--- YOUR INSTRUCTIONS ---
Your job is to copy all the entries precisely as they stand.

(Stored items)
*****
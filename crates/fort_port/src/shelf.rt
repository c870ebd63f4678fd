ghost use Rattle.std.specs.Prelude.{ℕ, List, ◌≡◌, ◌≤◌, length, take, OnOk, OnErr, IfOk};
ghost use Rattle.fort_port.specs.Outside.{Holding, Gives, Rose};

use fort_base::Bytes;

/// What the outside answers where it fails; a count tells that it did.
#[derive(Clone, Copy, Debug, PartialEq, Eq)]
pub struct Failed;

/// Files to read, by their names.
pub trait Shelf {
    // What the shelf tells of the bytes under a name.
    ghost holding: { Self → List ℕ → Holding };

    // The number of faults so far, which stands still at its type's end.
    ghost faults: { Self → ℕ };

    /// Reads a piece of the file `name`, from byte `at` on, counted from 0.
    ///
    /// `Ok(n)` has put the `n` bytes that stand there into the first `n` places of `into`; the
    /// other places may hold anything. `Ok(0)` for a piece that isn't empty says that the file ends
    /// at `at` or before it. A shelf may give fewer bytes than there are. `Failed` comes only where
    /// the count of faults rose, and a name that the shelf hasn't is a fault; `into` may then hold
    /// anything. What the shelf holds stays.
    fn read_at(&mut self, name: &Bytes, at: u64, into: &mut [u8]) -> Result<usize, Failed>
        ensures kept { holding self.new ≡ holding self.old }
        ensures counts { faults self.old ≤ faults self.new }
        ensures failed { OnErr result (Rose (faults self.old) (faults self.new)) }
        ensures calm { OnOk result (faults self.new ≡ faults self.old) }
        ensures fits { IfOk result (λ n. n ≤ length into.new) }
        ensures gives { IfOk result
            (λ n. Gives (holding self.old name.now) at (take n into.new) (length into.new)) };
}
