//! The outside as three traits, whose contracts say what a program may rely on, and all that
//! implement them.
#![tactic(auto)]

mod calm;
mod gate;
mod memory;
mod pieces;
mod real;
mod shelf;
mod sink;

pub use calm::{CalmShelf, CalmSink};
pub use gate::{Gate, IdleGate, Point};
pub use memory::{MemoryShelf, MemorySink};
pub use real::{FileShelf, StreamSink};
pub use shelf::{Failed, Shelf};
pub use sink::Sink;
*****
--- RESPONSE TO THE TASK ---
filename crates/fort_port/src/shelf.rt
repository c870ebd63f4678fd
ghost use Rattle.std.specs.Prelude.{ℕ, List, ◌≡◌, ◌≤◌, length, take, OnOk, OnErr, IfOk};
ghost use Rattle.fort_port.specs.Outside.{Holding, Gives, Rose};

use fort_base::Bytes;

/// What the outside answers where it fails; a count tells that it did.
#[derive(Clone, Copy, Debug, PartialEq, Eq)]
pub struct Failed;

/// Files to read, by their names.
pub trait Shelf {
    // What the shelf tells of the bytes under a name.
    ghost holding: { Self → List ℕ → Holding };

    // The number of faults so far, which stands still at its type's end.
    ghost faults: { Self → ℕ };

    /// Reads a piece of the file `name`, from byte `at` on, counted from 0.
    ///
    /// `Ok(n)` has put the `n` bytes that stand there into the first `n` places of `into`; the
    /// other places may hold anything. `Ok(0)` for a piece that isn't empty says that the file ends
    /// at `at` or before it. A shelf may give fewer bytes than there are. `Failed` comes only where
    /// the count of faults rose, and a name that the shelf hasn't is a fault; `into` may then hold
    /// anything. What the shelf holds stays.
    fn read_at(&mut self, name: &Bytes, at: u64, into: &mut [u8]) -> Result<usize, Failed>
        ensures kept { holding self.new ≡ holding self.old }
        ensures counts { faults self.old ≤ faults self.new }
        ensures failed { OnErr result (Rose (faults self.old) (faults self.new)) }
        ensures calm { OnOk result (faults self.new ≡ faults self.old) }
        ensures fits { IfOk result (λ n. n ≤ length into.new) }
        ensures gives { IfOk result
            (λ n. Gives (holding self.old name.now) at (take n into.new) (length into.new)) };
}
//! The outside as three traits, whose contracts say what a program may rely on, and all that
//! implement them.
#![tactic(auto)]

mod calm;
mod gate;
mod memory;
mod pieces;
mod real;
mod shelf;
mod sink;

pub use calm::{CalmShelf, CalmSink};
pub use gate::{Gate, IdleGate, Point};
pub use memory::{MemoryShelf, MemorySink};
pub use real::{FileShelf, StreamSink};
pub use shelf::{Failed, Shelf};
pub use sink::Sink;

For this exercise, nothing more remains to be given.